Parmi les sommets gravés dans l’histoire de la pétanque moderne, le championnat de France triplette 2006 conserve une aura presque mythique. Vingt ans plus tard, le souvenir de cette édition disputée à Limoges reste vif. Et pour cause : il aura fallu attendre ce week-end d’été en Limousin pour voir enfin couronné celui que tout le monde surnommait déjà « Le Roi » sur l’épreuve reine.
Le seul titre qui se refusait au « Roi »
En 2006, la réputation de Philippe Quintais n’est plus à faire. Déjà fort de multiples couronnes mondiales, de victoires légendaires au Mondial La Marseillaise et de sacres nationaux en individuel ou en doublette, le natif de Chartres domine la discipline de la tête et des épaules depuis plus d’une décennie.
Pourtant, un paradoxe persistait. Le titre de champion de France triplette refusait de tomber dans ses mains. Année après année, pièges des qualifications, carrés d’honneur surchauffés ou caprices du but semblaient dresser une muraille infranchissable entre le bombardier et ce trophée tant convoité.
Il fallait une armada d’exception pour forcer le destin. C’est sous les couleurs du D.U.C. Nice que l’alliance idéale se scelle, associant Quintais à deux monstrueux talents de sa génération : Philippe Suchaud et Henri Lacroix.
Limoges 2006 : Une odyssée sous haute tension
Sur les terrains sélectifs du parc des expositions de Limoges, la pression est palpable. Chaque mène exige une précision d’orfèvre. Face à la meute des meilleurs trios hexagonaux venus décrocher le maillot tricolore, la triplette niçoise doit faire preuve d’un sang-froid à toute épreuve.

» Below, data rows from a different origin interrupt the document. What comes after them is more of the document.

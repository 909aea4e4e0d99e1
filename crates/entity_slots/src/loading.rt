//! Slots and a free list, made into one list of identifiers.

ghost use Rattle.std.specs.Prelude.{◌≡◌, ◌≤◌, [], length, map, IfOk};
ghost use Rattle.world_model.specs.Slots.{live_slot};
ghost use Rattle.entity_slots.specs.Threads.{Threaded, AreListed};

use crate::identifiers::Identifiers;
use entity_id::OutOfMemory;
use std::alloc::Global;
use world_model::Slot;

// The identifiers of these slots, the free ones threaded in this order: the last is made free first.
pub(super) fn thread(
    alloc: Global,
    null: u32,
    slots: &[Slot],
    free: &[u32],
) -> Result<Identifiers, OutOfMemory>
    requires few { length slots.now ≤ null }
    requires listed { AreListed slots.now free.now }
    ensures slots { IfOk result (λ made. made.slots ≡ slots.now) }
    ensures free { IfOk result (λ made. made.free ≡ free.now) }
    ensures null { IfOk result (λ made. made.null ≡ null) }
    ensures room { IfOk result (λ made. length slots.now ≤ made.room) }
{
    let mut made = all_live(alloc, null, slots)?;
    for done in 0..free.len() {
        let index = free[free.len() - 1 - done];
        made.release(index, slots[index as usize].version);
    }
    Ok(made)
}

// The identifiers of these slots, were each of them live.
fn all_live(alloc: Global, null: u32, slots: &[Slot]) -> Result<Identifiers, OutOfMemory>
    requires { length slots.now ≤ null }
    ensures slots { IfOk result (λ made.
        made.slots ≡ map (λ slot. live_slot slot.version) slots.now) }
    ensures free { IfOk result (λ made. made.free ≡ []) }
    ensures null { IfOk result (λ made. made.null ≡ null) }
    ensures room { IfOk result (λ made. length slots.now ≤ made.room) }
{
    let mut made = Identifiers::new(alloc, null);
    made.reserve(slots.len())?;
    for slot in slots {
        let _ = made.append(slot.version);
    }
    Ok(made)
}
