//! The numbers of a run over partitions.
ghost use Rattle.std.specs.Prelude.{◌≡◌, ◌↔◌, IsSome, IfSome};
ghost use Rattle.pg_core_machine.specs.Limits.{AreLimits};
ghost use Rattle.pg_graph.specs.declared.missing.Missing.TheVariants.{Drop as DropThem};

use pg_graph::Missing;
use std::marker::Model;

/// The numbers of a run over partitions: how many partitions and workers there are, how many supersteps at most,
/// after how many a partition is saved, how many losses are borne, and what becomes of messages to no vertex.
#[derive(Clone, Copy, Debug, PartialEq, Eq)]
pub struct Limits {
    partitions: u32,
    workers: u32,
    limit: u32,
    every: u32,
    max_losses: u32,
    missing: Missing,
}

impl Model for Limits {
    ghost use Rattle.pg_core_machine.specs.Limits.{AreLimits, Limits};

    ghost Value = { Limits };

    ghost view = { λ l. record {
      partitions = l.partitions;
      workers = l.workers;
      limit = l.limit;
      every = l.every;
      max_losses = l.max_losses;
      missing = l.missing;
    } };

    ghost invariant = { λ l. AreLimits (record {
      partitions = l.partitions;
      workers = l.workers;
      limit = l.limit;
      every = l.every;
      max_losses = l.max_losses;
      missing = l.missing;
    }) };

    ghost inverse = { λ l. record {
      partitions = l.partitions;
      workers = l.workers;
      limit = l.limit;
      every = l.every;
      max_losses = l.max_losses;
      missing = l.missing;
    } };
}

impl Limits {
    /// So many partitions (1 to 64), workers (1 to 16) and supersteps at most (1 to 10,000); each partition is saved
    /// after so many supersteps (up to 1,000, 0 for never); so many losses are borne (up to 16). `None` for any other
    /// number. Messages to no vertex are dropped.
    pub fn new(
        partitions: u32,
        workers: u32,
        limit: u32,
        every: u32,
        max_losses: u32,
    ) -> Option<Limits>
        ensures some { IsSome result ↔ AreLimits (record {
          partitions = partitions;
          workers = workers;
          limit = limit;
          every = every;
          max_losses = max_losses;
          missing = DropThem;
        }) }
        ensures value { IfSome result
            (λ limits. limits ≡ record {
              partitions = partitions;
              workers = workers;
              limit = limit;
              every = every;
              max_losses = max_losses;
              missing = DropThem;
            }) }
    {
        let are_least = partitions > 0 && workers > 0 && limit > 0;
        let are_most = partitions <= 64 && workers <= 16 && limit <= 10_000;
        if are_least && are_most && every <= 1_000 && max_losses <= 16 {
            return Some(Limits {
                partitions,
                workers,
                limit,
                every,
                max_losses,
                missing: Missing::Drop,
            });
        }
        None
    }

    /// These limits with another policy for messages to ids without a vertex.
    pub fn with_missing(self, missing: Missing) -> Limits
        ensures { result ≡ record self { missing = missing } }
    {
        Limits {
            partitions: self.partitions,
            workers: self.workers,
            limit: self.limit,
            every: self.every,
            max_losses: self.max_losses,
            missing,
        }
    }

    /// How many partitions there are.
    pub fn partitions(self) -> u32
        ensures value { result ≡ self.partitions }
        ensures are { AreLimits self }
    {
        self.partitions
    }

    /// How many workers there are.
    pub fn workers(self) -> u32
        ensures value { result ≡ self.workers }
        ensures are { AreLimits self }
    {
        self.workers
    }

    /// How many supersteps there are at most.
    pub fn limit(self) -> u32
        ensures value { result ≡ self.limit }
        ensures are { AreLimits self }
    {
        self.limit
    }

    /// After how many supersteps each partition is saved; 0 for never.
    pub fn every(self) -> u32
        ensures value { result ≡ self.every }
        ensures are { AreLimits self }
    {
        self.every
    }

    /// How many losses are borne.
    pub fn max_losses(self) -> u32
        ensures value { result ≡ self.max_losses }
        ensures are { AreLimits self }
    {
        self.max_losses
    }

    /// What becomes of messages to no vertex.
    pub fn missing(self) -> Missing
        ensures { result ≡ self.missing }
    {
        self.missing
    }
}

Le tournant du week-end s’opère dans la complémentarité parfaite du trio. Henri Lacroix, au point, impose une régularité étouffante qui met d’emblée les adversaires sous pression. Philippe Suchaud, dans son style caractéristique d’une fluidité déconcertante, distribue les carreaux décisifs aux moments clés. Philippe Quintais, alternant entre le milieu et le tir, orchestre le jeu avec une lecture tactique hors du commun.
En finale, l’affiche est somptueuse. L’équipe d’Ambert emmenée par l’icône Marco Foyot, épaulé par Pascal Milei et Dominique Usaï, se dresse en ultime obstacle. Une confrontation aux allures de choc des titans entre deux figures tutélaires du tir français, Foyot et Quintais.
Au terme d’une partie maîtrisée où le trio niçois impose d’entrée un tempo d’enfer, le verdict tombe : la victoire scelle l’aboutissement d’une quête longuement attendue. La boucle est enfin bouclée.
L’héritage, deux décennies plus tard
Regarder en arrière deux décennies plus tard permet d’évaluer la portée symbolique de ce succès de 2006. Ce premier titre en triplette n’était pas seulement une ligne de plus à un palmarès déjà colossal : il a agi comme le véritable déclic d’une ère de domination partagée avec Suchaud et Lacroix, préfigurant ce qu’on appellera plus tard la « Dream Team »… qui, 20 ans plus tard, continue d’affoler les compteurs. Elle est désormais prétendante à un sacre sur les Masters de Pétanque.